We carried out an extensive literature search to determine if KM or other aminoglycosides damaged ANF or SGN and found one report showing that local drug application to the adult guinea pig cochlea resulted in weak to moderate gentamicin immunolabeling in SGN and ANF from 6 h to 7 days post-treatment (Imamura and Adams 2003). However, our in vitro results with adult cochlear cultures revealed no damage to ANF or SGN. On the other hand, in vivo application of a high concentration of gentamicin into the perilymph of the guinea pig cochlea resulted in severe damage not only to hair cells but also to ANF, SGN, the organ of Corti, and lateral wall of the cochlea (Dodson and Mohuiddin 2000). In this case, the massive damage seen when gentamicin was applied to the cochlea may be the result of nonspecific damage caused by the high drug concentration.
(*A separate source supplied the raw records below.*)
//! A line: any time, a level, a session and a command.
ghost use Rattle.std.specs.Prelude.{◌≡◌};
ghost use Rattle.mls_parser.specs.Noted.{GivesPlaced, token};
ghost use Rattle.mls_parser.specs.Words.{pass_known};
ghost use Rattle.mls_translang.specs.declared.event.Command.TheVariants as commands;
ghost use Rattle.mls_script.specs.Reading.{verb_of_token, viewed_at, call_at, command_at, time_at, event_at, timed_at};
ghost use Rattle.mls_script.specs.Reading.{told_at};

use crate::batch::batch;
use crate::grammar::{VERBS, Verb, verb_among};
use crate::lists::list;
use crate::parts::{Look, Written, delete, insert, looking, update};
use mls_lattice::{Items, Policy, Str, is_time};
use mls_parser::{PlacedFault, Reader, TextCause, ill_formed};
use mls_scheme::Schemes;
use mls_tokens::Token;
use mls_translang::{Command, Event};
use std::alloc::Global;

fn verb_of_token(token: &Token) -> Option<Verb>
    ensures { result ≡ verb_of_token token.now }
{
    match token {
        Token::Word(word) => verb_among(&VERBS, word.as_str()),
        _ => None,
    }
}

/// Passes a verb, and gives its place too.
fn verb(reader: &mut Reader) -> Result<(Verb, usize), PlacedFault>
    ensures { GivesPlaced (λ x. ((x.0, x.1), reader.new)) result (token (pass_known verb_of_token) reader.old) }
{
    let first = reader.tokens.pop().ok_or(reader.tokens.refused())?;
    let verb = verb_of_token(&first.token).ok_or(ill_formed(first.at, TextCause::Expected))?;
    Ok((verb, first.at))
}

// ---- commands, behind the verb

fn viewed(
    alloc: Global,
    policy: &Policy,
    schemes: &Schemes,
    counts: bool,
    reader: &mut Reader,
) -> Result<Command, PlacedFault>
    ensures { GivesPlaced (λ c. (c, reader.new)) result (viewed_at policy.now schemes.now counts reader.old) }
{
    let Look {
        relation,
        label,
        query,
    } = looking(alloc, policy, schemes, counts, reader)?;
    Ok(Command::View {
        relation,
        label,
        query,
        counts,
    })
}

fn written(write: Written) -> Command
    ensures { result ≡ commands.Write write.0 write.1 }
{
    let (relation, write) = write;
    Command::Write { relation, write }
}

#[tactic(auto, unfolding(crate::specs::Reading::call_at))]
fn call(alloc: Global, reader: &mut Reader) -> Result<Command, PlacedFault>
    ensures { GivesPlaced (λ c. (c, reader.new)) result (call_at reader.old) }
{
    let (tx, _) = reader.name()?;
    let args = list(alloc, reader, None)?;
    Ok(Command::Call { tx, args })
}

fn command(
    alloc: Global,
    policy: &Policy,
    schemes: &Schemes,
    verb: Verb,
    reader: &mut Reader,
) -> Result<Command, PlacedFault>
    ensures { GivesPlaced (λ c. (c, reader.new)) result (command_at policy.now schemes.now verb reader.old) }
{
    match verb {
        Verb::Open => Ok(Command::Open(reader.name()?.0)),
        Verb::Close => Ok(Command::Close),
        Verb::Audit => Ok(Command::Audit),
        Verb::View => viewed(alloc, policy, schemes, false, reader),
        Verb::Count => viewed(alloc, policy, schemes, true, reader),
        Verb::Dump => {
            let relation = reader.relation(schemes)?;
            Ok(Command::Dump { relation })
        }
        Verb::Insert => Ok(written(insert(alloc, schemes, reader)?)),
        Verb::Update => Ok(written(update(alloc, policy, schemes, reader)?)),
        Verb::Delete => Ok(written(delete(alloc, policy, schemes, reader)?)),
        Verb::Call => call(alloc, reader),
        Verb::All => Ok(Command::All(batch(alloc, policy, schemes, reader)?)),
    }
}

// ---- lines

/// The time at the front of a line, where one is: a text that has to be a time.
#[tactic(auto, unfolding(crate::specs::Reading::time_at))]
fn time(reader: &mut Reader) -> Result<Option<Str>, PlacedFault>
    ensures { GivesPlaced (λ t. (t, reader.new)) result (time_at reader.old) }
{
    match reader.tokens.takes_text()? {
        Some((text, at)) => {
            reader.note(is_time(text.as_str().as_bytes()), at, TextCause::Kind)?;
            Ok(Some(text))
        }
        None => Ok(None),
    }
}

#[tactic(auto, unfolding(crate::specs::Reading::event_at))]
fn event(
    alloc: Global,
    policy: &Policy,
    schemes: &Schemes,
    time: Option<Str>,
    reader: &mut Reader,
) -> Result<Event, PlacedFault>
    ensures { GivesPlaced (λ e. (e, reader.new)) result (event_at policy.now schemes.now time reader.old) }
{
    let level = reader.label(policy)?;
    let (session, _) = reader.name()?;
    let (verb, _) = verb(reader)?;
    let command = command(alloc, policy, schemes, verb, reader)?;
    Ok(Event {
        level,
        session,
        time,
        command,
    })
}

/// A time, where one is, and an event.
#[tactic(auto, unfolding(crate::specs::Reading::timed_at))]
fn timed(
    alloc: Global,
    policy: &Policy,
    schemes: &Schemes,
    reader: &mut Reader,
) -> Result<Event, PlacedFault>
    ensures { GivesPlaced (λ e. (e, reader.new)) result (timed_at policy.now schemes.now reader.old) }
{
    let time = time(reader)?;
    event(alloc, policy, schemes, time, reader)
}

/// The event that a line tells, if it is not blank.
#[tactic(auto, unfolding(crate::specs::Reading::told_at))]
pub(crate) fn told(
    alloc: Global,
    policy: &Policy,
    schemes: &Schemes,
    reader: &mut Reader,
) -> Result<Option<Event>, PlacedFault>
    ensures { GivesPlaced (λ o. (o, reader.new)) result (told_at policy.now schemes.now reader.old) }
{
    if reader.has_ended() {
        return Ok(None);
    }
    let event = timed(alloc, policy, schemes, reader)?;
    reader.tokens.end()?;
    Ok(Some(event))
}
There is considerable evidence that aminoglycoside antibiotics rapidly enter hair cells through nonselective cation channels located in the stereocilia at the apical pole of the hair cell (Corey and Hudspeth 1979). However, uptake has also been observed in many other cell types including the dorsal root ganglion neurons, trigeminal ganglion neurons, tongue papillae, vibrissae, and proximal tubule kidney cells (Dai et al. 2006; Imamura and Adams 2005; Raisinghani and Premkumar 2005). In these cases, drug entry is believed to occur through TRP channels and P2X receptors (Bongartz et al. 2010; Corey et al. 2004; Garcia-Anoveros and Duggan 2007; Raisinghani and Premkumar 2005; Xu et al. 2011). TRPV1 channels are expressed in adult rat SGN (Zheng et al. 2003). TRPM4 immunolabeling was absent in murine embryonic SGN, but immunolabeling increased from P0 to 2 weeks old followed by decreased expression in adult SGN (Sakuraba et al. 2014). P2X2 receptor expression was observed in SGN and ANF from embryonic day 19 until early postnatal life followed by a decline in expression as the rat cochlea matured (Jarlebark et al. 2000). One interpretation of these results is that KM-induced damage to P3 SGN and ANF could be mediated through aminoglycoside uptake through TRP or P2X2 channels; however, this explanation fails to account for lack of neuronal damage caused by gentamicin which should permeate these channels. At this time, we are left with paradoxical and unexplained finding that KM is neurotoxic to postnatal SGN and ANF, whereas gentamicin is not. Some clues regarding its neurotoxic potential may be gleaned from a recent study showing that KM caused considerable mitochondrial swelling, vacuole formation, and endoplasmic reticulum dilation in adult dorsal cochlear nucleus neurons; however, these effects were largely reversible (Fan et al. 2013). Further work is needed to more fully elucidate the mechanism underlying KM neurotoxicity in P3 SGN and ANF. From a clinical perspective, our results suggest that KM could be especially toxic to human SGN which begin to develop and mature in utero around the first trimester (Bibas et al. 2006).